Ga direct naar de inhoud Ga direct naar de footer

V&A 23-018 WTP en aanwijzing niet-EU/EER pensioenregeling

Dit V&A 23-018 behandelt de vraag of de aanwijzing van een buitenlandse pensioenregeling (niet-EU/EER) onder het besluit Internationale aspecten van pensioenen en stamrechten met de invoering van de WTP van rechtswege vervalt.

Inleiding

Het besluit van 9 oktober 2015, Internationale aspecten van pensioenen en stamrechten (Stcrt. 2015, 36798) biedt de mogelijkheid buitenlandse pensioenregelingen aan te wijzen als een pensioenregeling die aan de bepalingen van de Wet op de loonbelasting 1964 (Wet LB) voldoet. Eén van de voorwaarden (onderdeel 2.2.2 en voorwaarde l in bijlage II) die ziet op de aanwijzing van de pensioenregeling van een werknemer tewerkgesteld vanuit een niet-EU/EER-land, luidt:

Wijzigingen

De aanwijzing vervalt zodra de buitenlandse pensioenregeling op meer dan ondergeschikte punten is gewijzigd. Bij een wijziging van de pensioenregeling op meer dan ondergeschikte punten kunnen werkgever en werknemer een nieuw verzoek om aanwijzing indienen. Verder is de aanwijzing van kracht tot het moment waarop een relevante wijziging van de Nederlandse fiscale wet- of regelgeving plaatsvindt. In die situatie vervalt de aanwijzing van rechtswege, eventueel na afloop van een periode van overgangsrecht.

Vraag

De Wet toekomst pensioenen (WTP) is op 1 juli 2023 in werking getreden. Betekent dit dat de hierboven genoemde aanwijzing van een buitenlandse pensioenregeling van rechtswege vervalt?

Antwoord

Nee.
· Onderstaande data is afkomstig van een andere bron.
//! A walk over elements, with their tags and what stands in them.

ghost use Rattle.std.specs.Prelude.{◌≡◌, ◌+◌, ◌<◌, ◌^◌, length};
ghost use Rattle.x509_values.specs.Elements.{Finds, IsInside, Over, Takes, span_of};

use std::marker::Model;
use x509_der::parts::first_element;
use x509_fields::Span;

/// Elements of an input, one behind another, and where they stand. Contracts see the bytes that are left, and how many
/// bytes of the input stand before them.
#[derive(Drop)]
pub struct Elements<'a> {
    rest: &'a [u8],
    at: usize,
}

impl<'a> Model for Elements<'a> {
    ghost use Rattle.std.specs.Prelude.{◌+◌, ◌<◌, ◌^◌, length};
    ghost use Rattle.x509_values.specs.Rests.{Rest};

    ghost Value = { Rest };

    ghost view = { λ r. record { rest = r.rest.now; at = r.at } };

    ghost invariant = { λ r. r.at + length r.rest.now < 2 ^ 64 };
}

/// An element of an input.
#[derive(Drop)]
pub struct Element<'a> {
    /// The tag, which is one byte.
    pub tag: u8,
    /// How many bytes of the input stand before it.
    pub start: usize,
    /// What stands in it.
    pub inside: Elements<'a>,
}

impl<'a> Elements<'a> {
    /// The elements in a span of an input: none where the span doesn't lie in it.
    pub fn over(bytes: &'a [u8], span: Span) -> Self
        ensures { Over bytes.now span result }
    {
        match span.slice(bytes) {
            Some(rest) => Elements {
                rest,
                at: span.start,
            },
            None => Elements { rest: &[], at: 0 },
        }
    }

    /// Goes past the next element, and answers it; where none stands in front, the walk stays.
    pub fn next(&mut self) -> Option<Element<'a>>
        ensures takes { Takes self.old self.new result }
        ensures fits { self.new.at + length self.new.rest < 2 ^ 64 }
    {
        let Some(element) = first_element(self.rest) else {
            return None;
        };
        let start = self.at;
        let (whole, after) = self.rest.split_at(element.end);
        let (_, content) = whole.split_at(element.start);
        let inside = Elements {
            rest: content,
            at: start + element.start,
        };
        self.rest = after;
        self.at = start + element.end;
        Some(Element {
            tag: element.tag,
            start,
            inside,
        })
    }

    /// Goes past the next element, and answers it; where none stands in front, an empty one of the tag 0, and the walk
    /// stays.
    pub fn take(&mut self) -> Element<'a>
        ensures { Finds self.old self.new result }
    {
        let Some(element) = self.next() else {
            let nothing = Elements {
                rest: &[],
                at: self.at,
            };
            return Element {
                tag: 0,
                start: self.at,
                inside: nothing,
            };
        };
        element
    }

    /// The bytes that are left.
    pub fn bytes(&self) -> &'a [u8]
        ensures { result.now ≡ self.now.rest }
    {
        self.rest
    }

    /// Where the bytes stand that are left.
    pub fn span(&self) -> Span
        ensures { result ≡ span_of self.now }
    {
        Span {
            start: self.at,
            end: self.at + self.rest.len(),
        }
    }
}

/// Where the content of the element stands that a span of an input encodes. Of a span that encodes none it says nothing.
pub fn content_within(bytes: &[u8], span: Span) -> Span
    ensures { IsInside bytes.now span result }
{
    let mut element = Elements::over(bytes, span);
    element.take().inside.span()
}
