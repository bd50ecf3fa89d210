//! The parameters of elliptic curve keys.

ghost use Rattle.std.specs.Prelude.{◌≡◌, refl};
ghost use Rattle.x509_der.specs.laws.Structure.{structure_lawful, structure_element};
ghost use Rattle.x509_keys_parts.specs.EcParameters.{curve_of, ec_base, ec_parameters};
ghost use Rattle.x509_keys_parts.specs.declared.ec_parameters.EcParameters.TheVariants.{NamedCurve};
ghost use Rattle.x509_keys_parts.specs.facts.EcParameters.{ec_same};

use std::alloc::{Allocator, Global};
use x509_der::parts::{
    Field, OBJECT_IDENTIFIER_TAG, Output, Reader, Structure, pass_fields, read_fields,
};
use x509_der::{
    CloneEq, FromDer, ObjectIdentifier, ObjectIdentifierAsn1, ReadError, SameEq, ToDer, TooLong,
};

/// The parameters of an elliptic curve key: a curve by its object identifier.
///
/// # Encoding
/// `CHOICE { namedCurve OBJECT IDENTIFIER }` (RFC 5480, 2.1.1). Curves that aren't named are refused.
#[derive(Drop)]
#[derive_where(Debug, PartialEq, Eq)]
#[derive_where(Clone; A: Copy)]
pub enum EcParameters<A: Allocator = Global> {
    /// The curve of an object identifier.
    NamedCurve(ObjectIdentifierAsn1<A>),
}

impl<A: Allocator> EcParameters<A> {
    /// The object identifier of the curve.
    pub fn curve_oid(&self) -> &ObjectIdentifier<A>
        ensures { result.now ≡ curve_of self.now }
    {
        match self {
            EcParameters::NamedCurve(curve) => &curve.0,
        }
    }
}

impl<A: Allocator> From<ObjectIdentifier<A>> for EcParameters<A> {
    ghost use Rattle.std.specs.Prelude.{◌≡◌};
    ghost use Rattle.x509_keys_parts.specs.declared.ec_parameters.EcParameters.TheVariants.{NamedCurve};

    ghost from_gives = { λ arcs v. v ≡ NamedCurve arcs };

    fn from(curve: ObjectIdentifier<A>) -> Self {
        EcParameters::NamedCurve(ObjectIdentifierAsn1(curve))
    }
}

impl<A: Allocator> From<ObjectIdentifierAsn1<A>> for EcParameters<A> {
    ghost use Rattle.std.specs.Prelude.{◌≡◌};
    ghost use Rattle.x509_keys_parts.specs.declared.ec_parameters.EcParameters.TheVariants.{NamedCurve};

    ghost from_gives = { λ arcs v. v ≡ NamedCurve arcs };

    fn from(curve: ObjectIdentifierAsn1<A>) -> Self {
        EcParameters::NamedCurve(curve)
    }
}

impl<A: Allocator + Copy> CloneEq for EcParameters<A> {
    ghost use Rattle.std.proofs.Common.{rules};

    ghost exact = { Prim.search (rules) };
}

impl<A: Allocator> SameEq for EcParameters<A> {
    fn decides() {
        ObjectIdentifierAsn1::<A>::decides();
    }
}

impl<A: Allocator> ToDer for EcParameters<A> {
    ghost strict = { λ v. ec_base.strict (curve_of v) };

    fn put<O: Output>(&self, out: &mut [u8], at: usize) -> Result<usize, TooLong> {
        match self {
            EcParameters::NamedCurve(curve) => curve.put::<O>(out, at),
        }
    }
}

impl<A: Allocator> Structure<ObjectIdentifierAsn1<A>> for EcParameters<A> {
    ghost fields = { curve_of };

    fn from_fields(parts: ObjectIdentifierAsn1<A>) -> Self {
        EcParameters::NamedCurve(parts)
    }

    ghost same = { ec_same };

    ghost made = { λ f. (NamedCurve f, refl) };
}

impl<A: Allocator + Copy> Field<A> for EcParameters<A> {
    type Brief = ();

    ghost shape = { ec_parameters };

    ghost brief = { λ v. tt };

    ghost lawful = { λ h. structure_lawful curve_of ec_base ec_same
        (⟦<ObjectIdentifierAsn1<A> as Field<A>>⟧.lawful tt) };

    ghost elements = { λ h. structure_element curve_of ec_base
        (⟦<ObjectIdentifierAsn1<A> as Field<A>>⟧.elements tt) };

    ghost agrees = { λ v. refl };

    fn starts(byte: u8) -> bool {
        byte == OBJECT_IDENTIFIER_TAG
    }

    fn known(&self) {
        match self {
            EcParameters::NamedCurve(curve) => curve.known(),
        }
    }

    fn read(alloc: A, reader: &mut Reader<'_, A>) -> Result<Self, ReadError> {
        read_fields::<Self, ObjectIdentifierAsn1<A>, A>(alloc, reader)
    }

    fn pass(alloc: A, reader: &mut Reader<'_, A>) -> Result<(), ReadError> {
        pass_fields::<Self, ObjectIdentifierAsn1<A>, A>(alloc, reader)
    }
}

impl<A: Allocator + Copy> FromDer<A> for EcParameters<A> {
    ghost stands_alone = { (tt, tt) };
}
Voor pensioenregelingen van werknemers tewerkgesteld vanuit een niet EU/EER-land die vóór 1 juli 2023 zijn aangewezen op basis van onderdeel 2.2.2. en voorwaarde I van bijlage II van het besluit van 9 oktober 2015 geldt de inwerkingtreding van de WTP niet als een relevante wijziging van de Nederlandse fiscale wet- en regelgeving. Hoewel het pensioenstelsel wel wijzigt van een stelsel met name gebaseerd op de omvang van pensioenuitkeringen naar een stelsel gebaseerd op premie inleg, wijzigt de pensioendoelstelling niet. Deze blijft 75% van het gemiddelde loon in 40 opbouwjaren. Bestaande aanwijzingen van niet-EU/EER pensioenregelingen vervallen dan ook niet van rechtswege bij de inwerkingtreding van de Wet toekomst pensioenen (1 juli 2023). Aldus is in een dergelijk geval het indienen van een nieuw aanwijsverzoek niet nodig.